I would agree with Norman that you really should research the standards for your business. We accept credit cards and can NOT see anything except the last 4 digits, but we are still responsible for being PCI Compliant. We are currently paying a small monthly fee for the credit card processor to take that liability. They ensure through the software that we are compliant because we are accepting the credit cards and scanning them in our system (even though we can't see any of the data).

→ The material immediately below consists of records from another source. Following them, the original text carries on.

//! The fields of bytes, from left to right.

ghost use Rattle.std.specs.Prelude.{◌≡◌, ◌<◌, ◌++◌, length, IfOk, IfErr};
ghost use Rattle.std.specs.Iterator.{at_most};
ghost use Rattle.otlp_wire.specs.Wire as spec;
ghost use Rattle.otlp_wire.specs.Wire.{entry, value_of, IsField, IsValue};
ghost use Rattle.otlp_wire.specs.Reading.{Begins, ValueFaults, Faults};
ghost use Rattle.otlp_wire.specs.Fields.{TakesFirst};

use crate::parts::{Field, MAX_NUMBER, Wire, WireError};
use crate::varint::take_varint;
use byteorder::{ByteOrder, LittleEndian};
use std::marker::Model;

/// The fields that bytes encode, in order, and then the first error, if there is one. After an error
/// nothing more comes.
#[derive(Debug, Drop)]
pub struct Fields<'a> {
    rest: &'a [u8],
}

impl<'a> Model for Fields<'a> {
    ghost use Rattle.std.specs.Prelude.{ℕ, List};

    ghost Value = { List ℕ };

    ghost view = { λ s. s.rest.now };
}

impl<'a> Fields<'a> {
    /// The fields of these bytes.
    pub fn new(bytes: &'a [u8]) -> Fields<'a>
        ensures { result ≡ bytes.now }
    {
        Fields { rest: bytes }
    }
}

impl<'a> Iterator for Fields<'a> {
    type Item = Result<Field<'a>, WireError>;

    ghost next_gives = { TakesFirst };

    ghost remaining = { λ s. at_most (length s) };

    #[inline(always)]
    fn next(&mut self) -> Option<Result<Field<'a>, WireError>> {
        if self.rest.is_empty() {
            return None;
        }
        match take_field(self.rest) {
            Ok((field, rest)) => {
                self.rest = rest;
                Some(Ok(field))
            }
            Err(error) => {
                self.rest = &[];
                Some(Err(error))
            }
        }
    }
}

/// The field at the front of the bytes, and the bytes after it.
#[inline(always)]
fn take_field(bytes: &[u8]) -> Result<(Field<'_>, &[u8]), WireError>
    ensures ok { IfOk result (λ r. Begins (λ front. IsField front (entry r.0)) bytes.now r.1.now) }
    ensures shorter { IfOk result (λ r. length r.1.now < length bytes.now) }
    ensures err { IfErr result (Faults bytes.now) }
{
    let (tag, rest) = take_varint(bytes)?;
    let number = tag / 8;
    if number == 0 || number > u64::from(MAX_NUMBER) {
        return Err(WireError::BadTag);
    }
    let (value, rest) = take_value(tag % 8, rest)?;
    let number = number as u32;
    Ok((Field { number, value }, rest))
}

/// The value of this wire type at the front of the bytes, and the bytes after it.
#[inline(always)]
fn take_value(wire_type: u64, bytes: &[u8]) -> Result<(Wire<'_>, &[u8]), WireError>
    requires { wire_type < 8 }
    ensures ok { IfOk result (λ r. Begins (λ front. IsValue front (value_of r.0)) bytes.now r.1.now) }
    ensures kind { IfOk result (λ r. spec.wire_type (value_of r.0) ≡ wire_type) }
    ensures err { IfErr result (ValueFaults wire_type bytes.now) }
{
    match wire_type {
        0 => {
            let (value, rest) = take_varint(bytes)?;
            Ok((Wire::Varint(value), rest))
        }
        1 => {
            let (front, rest) = take_part(8, bytes)?;
            Ok((Wire::Fixed64(LittleEndian::read_u64(front)), rest))
        }
        2 => {
            let (len, rest) = take_varint(bytes)?;
            let (part, rest) = take_part(len, rest)?;
            Ok((Wire::Bytes(part), rest))
        }
        5 => {
            let (front, rest) = take_part(4, bytes)?;
            Ok((Wire::Fixed32(LittleEndian::read_u32(front)), rest))
        }
        _ => Err(WireError::BadWireType),
    }
}

/// The first `len` bytes, and the bytes after them.
#[inline(always)]
fn take_part(len: u64, bytes: &[u8]) -> Result<(&[u8], &[u8]), WireError>
    ensures ok { IfOk result (λ r. (bytes.now ≡ r.0.now ++ r.1.now) × (length r.0.now ≡ len)) }
    ensures err { IfErr result (λ e. (length bytes.now < len) × (e ≡ WireError.Cut)) }
{
    if len > bytes.len() as u64 {
        return Err(WireError::Cut);
    }
    Ok(bytes.split_at(len as usize))
}
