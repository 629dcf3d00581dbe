// The command line as clap reads it.
ghost use Rattle.std.specs.Prelude.{◌≡◌, IfOk, false};
ghost use Rattle.clap.specs.Words.{app_of, rule_of};
ghost use Rattle.clap.specs.declared.builder.command.Command.TheViews.{out-Command as fields_of};
ghost use Rattle.command_words.specs.App.{stream_words};
ghost use Rattle.command_words.specs.Arguments.{app_for, option_by, rule_for};

use clap::{Arg, ArgAction, Command};
use std::alloc::{AllocError, Global};

/// What a command takes after its name.
pub enum Argument {
    // A required option of one value.
    Required(&'static str),
    // An option of one value that may be missing.
    Free(&'static str),
    // Any number of words, last.
    Streams,
}

/// A command's name, and what it takes.
pub struct CommandForm {
    pub name: &'static str,
    pub arguments: &'static [Argument],
}

// An option of one value.
fn option<'a>(alloc: Global, name: &'static str, required: bool) -> Arg<'a>
    ensures rule { rule_of result ≡ option_by name.now required }
    ensures local { result.global ≡ false }
{
    Arg::new(alloc, name)
        .long(name)
        .required(required)
        .action(ArgAction::Set)
}

// Any number of words, last.
fn streams<'a>(alloc: Global) -> Arg<'a>
    ensures rule { rule_of result ≡ stream_words }
    ensures local { result.global ≡ false }
{
    Arg::new(alloc, "streams")
        .num_args(0..)
        .action(ArgAction::Append)
}

// The argument in clap's form.
fn arg_of<'a>(alloc: Global, argument: &Argument) -> Arg<'a>
    ensures rule { rule_of result ≡ rule_for argument.now }
    ensures local { result.global ≡ false }
{
    match argument {
        Argument::Required(name) => option(alloc, name, true),
        Argument::Free(name) => option(alloc, name, false),
        Argument::Streams => streams(alloc),
    }
}

/// Makes the command of a form.
pub fn command_with<'a>(alloc: Global, form: &CommandForm) -> Result<Command<'a>, AllocError>
    ensures app { IfOk result (λ c. app_of c ≡ app_for form.now) }
    ensures plain { IfOk result (λ c. (fields_of c).has_globals ≡ false) }
{
    let mut command = Command::new(alloc, form.name);
    'arguments: for argument in form.arguments {
        command = command.arg(arg_of(alloc, argument))?;
    }
    Ok(command)
}
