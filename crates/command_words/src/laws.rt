//! What is proved of commands, for every list of words. The functions do nothing: each has a law as its contract.

ghost use Rattle.command_words.specs.Laws.{WrittenIsCommand, CommandsHaveValues};

/// Each command in its plainest form is a command, with the values with which it is written. The
/// plainest form is the command's name, its options in the order of the table, each as two words
/// with numbers in digits and in their ranges, and then any words that are neither empty nor begin
/// with a hyphen. `probe` may leave out `--path`, which is then `-`; `compile` may leave out
/// `--contexts`, which is then 1, if it has no words.
pub fn written_words_are_commands()
    ensures { WrittenIsCommand }
{}

/// Words that are a command have values, and clap finds no fault in them.
pub fn commands_have_values()
    ensures { CommandsHaveValues }
{}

Using Paypal the rules may be different; the onus may fall on Paypal and not your company.

Gene Turley
Title: Managing Consultant
Company: CPA Consulting Services LLC
(Managing Consultant, CPA Consulting Services LLC) |

If you take credit cards it is not an issue of being PCI compliant but how you verify you are compliant. There are 4 levels based on number of transaction, dollars, how you take the cards and services provided (ie. processors like First Data or Depending on your situation you will need to complete one of the 4 questionnaires. Again depending on your situation, these questionnaires can be self-assessments or would need to be completed by an outside "approved" vendor.

Marisa Breall
Title: Customer Success Manager
Company: GitHub
(Customer Success Manager , GitHub ) |

Disclaimer: I work for Recurly, a PCI compliant recurring payment solution. Any merchant or service merchant provider accepting, transmitting, and/or storing cardholder data must be PCI compliant. Your merchant bank account requires your business to be PCI Compliant as well. PayPal's PCI compliance can help you reach that standard -- here is some information I found to that extent:

Topic Expert
Wayne Spivak
Title: President & CFO
LinkedIn Profile
(President & CFO, |

This is a good topic and I'm sure the "rules" for PCI compliancy will change as they figure out what is a prime hack-able system and what is not.

Just to keep it straight, if you read or swipe a magnetic tape on a credit card, that info will reside at a minimum in your RAM and might possibly be written to your cache section on your hard drive.

Thus, even though you never see the full number, your device might still keep an image of that info for a period of time in excess of the time it takes you to complete the transaction.